Gradient Descent#

Gradient descent is a simple algorithm for finding the minimum of a function of multiple variables. It works on the principle of looking at the local gradient of a function then then moving in the direction where it decreases the fastest.

Note: there is no guarantee that you arrive at the global minimum instead of a local minimum.

Given a function \(f({\bf x})\), where \({\bf x} = (x_0, x_1, \ldots, x_{N-1})\), the idea is to first compute the derivative \(\partial f / \partial {\bf x} = (\partial f/\partial x_0, \partial f/\partial x_1, \ldots, \partial f/\partial x_{N-1})\) and then move in the opposite direction by some fraction, \(\eta\):

\[{\bf x} \leftarrow {\bf x} - \eta \frac{\partial f}{\partial {\bf x}}\]

There are different ways to define what \(\eta\) should be, but we’ll use a fixed value. We’ll call \(\eta\) the learning rate.

Let’s demonstrate this.

import numpy as np
import matplotlib.pyplot as plt

Test function#

The Rosenbrock function or the banana function is a very difficult problem for minimization. It has the form:

\[f(x, y) = (a - x)^2 + b (y - x^2)^2\]

and for \(a = 1\) and \(b = 100\), the minimimum is at a point \((a, a^2)\).

def rosenbrock(x0, x1, a, b):
    return (a - x0)**2 + b*(x1 - x0**2)**2

def drosdx(x, a, b):
    x0 = x[0]
    x1 = x[1]
    return np.array([-2.0*(a - x0) - 4.0*b*(x1 - x0**2)*x0,
                     2.0*b*(x1 - x0**2)])

Let’s plot the function

xmin = -2.0
xmax = 2.0
ymin = -1.0
ymax = 3.0
a = 1.0
b = 100.0
N = 256
x = np.linspace(xmin, xmax, N)
y = np.linspace(ymin, ymax, N)

x2d, y2d = np.meshgrid(x, y, indexing="ij")
fig, ax = plt.subplots()

im = ax.imshow(np.log10(np.transpose(rosenbrock(x2d, y2d, a, b))),
               origin="lower", extent=[xmin, xmax, ymin, ymax])

fig.colorbar(im, ax=ax)
<matplotlib.colorbar.Colorbar at 0x7f9692f4c110>
../_images/f61d362943e3d40805d4a9f1f80f0600f45a09ef6c740f058fe9dbb84f8612f6.png

Implementing gradient descent#

Let’s start with an initial guess. We’ll keep guessing until the change in the solution is small.
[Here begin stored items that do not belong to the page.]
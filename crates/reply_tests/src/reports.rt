//! The reports of the rows that a creation makes.

use first_rows::{CreateSpec, first_rows};
use kdb_base::{Etype, Time};
use princ_name::{Realm, is_realm};
use princ_rows::Rows;
use std::alloc::Global;
use std::process::Abort;
use std::test::*;
use tab_reports::{ReportKind, report};

/// The second of the creation.
const CREATED: u32 = 1_700_000_000;

const MASTERS: &[u8] = b"version\tenctype\tactivation\tactive\tprotects\tcause\n\
1\taes256-cts-hmac-sha1-96\t1700000000\tyes\t2\tprotects\n";

const KEYS: &[u8] = b"name\tindex\tkvno\tenctype\tsalt\twrapped\n\
K/M@EXAMPLE.ORG\t0\t1\taes256-cts-hmac-sha1-96\tnormal\t62\n\
kadmin/history@EXAMPLE.ORG\t0\t1\taes256-cts-hmac-sha1-96\tnormal\t62\n\
krbtgt/EXAMPLE.ORG@EXAMPLE.ORG\t0\t1\taes256-cts-hmac-sha1-96\tnormal\t62\n\
krbtgt/EXAMPLE.ORG@EXAMPLE.ORG\t1\t1\taes128-cts-hmac-sha1-96\tnormal\t46\n";

const POLICIES: &[u8] = b"name\tmaxlife\tminlife\tminlength\tminclasses\thistory\tprincipals\n";

fn realm(alloc: Global) -> Result<Realm, Fail> {
    let text = b"EXAMPLE.ORG";
    if !is_realm(text) {
        return Err(Fail::from("a realm"));
    }
    Ok(Realm::from_bytes(alloc, text)?)
}

fn spec_of(alloc: Global) -> Result<CreateSpec, Fail> {
    let example = realm(alloc)?;
    Ok(CreateSpec::new(example, None, Etype::Aes256, 1000))
}

/// A database with K/M, kadmin/history and krbtgt, under one master key.
fn created(alloc: Global) -> Result<Rows, Fail> {
    let spec = spec_of(alloc)?;
    let (rows, _) = first_rows(alloc, &spec, Time::new(CREATED, 0), &[7; 2048])?;
    Ok(rows)
}

fn check_report(
    rt: &impl Abort,
    alloc: Global,
    rows: &Rows,
    kind: ReportKind,
    text: &[u8],
) -> Result<(), Fail> {
    let told = report(alloc, kind, rows, Time::new(CREATED, 0))?;
    assert_eq!(rt; told.as_slice(), text);
    Ok(())
}

fn check_reports(rt: &impl Abort, alloc: Global, rows: &Rows) -> Result<(), Fail> {
    check_report(rt, alloc, rows, ReportKind::Masters, MASTERS)?;
    check_report(rt, alloc, rows, ReportKind::Keys, KEYS)?;
    check_report(rt, alloc, rows, ReportKind::Policies, POLICIES)
}

#[test]
fn masters_keys_and_policies_of_a_creation(rt: HostRuntime) -> Result<(), Fail> {
    let rows = created(rt.alloc())?;
    check_reports(&rt, rt.alloc(), &rows)
}

fn check_principals(rt: &impl Abort, alloc: Global, rows: &Rows) -> Result<(), Fail> {
    let kind = ReportKind::Principals;
    let told = report(alloc, kind, rows, Time::new(CREATED, 0))?;
    let lines = told
        .as_slice()
        .iter()
        .filter(|byte| **byte == b'\n')
        .count();
    assert_eq!(rt; lines, 4);
    assert!(rt; told.as_slice().starts_with(b"name\tattributes\tmaxlife\t"));
    Ok(())
}

#[test]
fn principals_of_a_creation(rt: HostRuntime) -> Result<(), Fail> {
    let rows = created(rt.alloc())?;
    check_principals(&rt, rt.alloc(), &rows)
}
Note: our success is very sensitive to our choice of \(\eta\).

x0 = np.array([-1.0, 1.5])

We’ll set a tolerance and keep iterating until the change in the solution, dx is small

def do_descent(dfdx, x0, eps=1.e-5, eta=2.e-3, args=None, ax=None):

    # dx will be the change in the solution -- we'll iterate until this
    # is small
    dx = 1.e30
    xp_old = x0.copy()

    if args:
        grad = dfdx(xp_old, *args)
    else:
        grad = dfdx(xp_old)

    while dx > eps:

        xp = xp_old - eta * grad
        
        if ax:
            ax.plot([xp_old[0], xp[0]], [xp_old[1], xp[1]], color="C1")
            
        dx = np.linalg.norm(xp - xp_old)
        
        if args:
            grad_new = dfdx(xp, *args)
        else:
            grad_new = dfdx(xp)
            
        #eta_new = np.abs(np.transpose(xp) @ (grad_new - grad)) / np.linalg.norm(grad_new - grad)**2
        #eta = min(10*eta, eta_new)
        
        grad = grad_new
        
        xp_old[:] = xp
do_descent(drosdx, x0, args=(a, b), ax=ax)
fig
../_images/ce8bc7c149e2cb12d8dc6160be720ce278296e27907b9a9329dcf2c9c346c496.png

momentum#

A variation on gradient descent is to add “momentum” to the update. This means that the correct depends on the past gradients as well as the current one, via some combination. This has the effect of reducing the zig-zag effect that we see in our attempt above.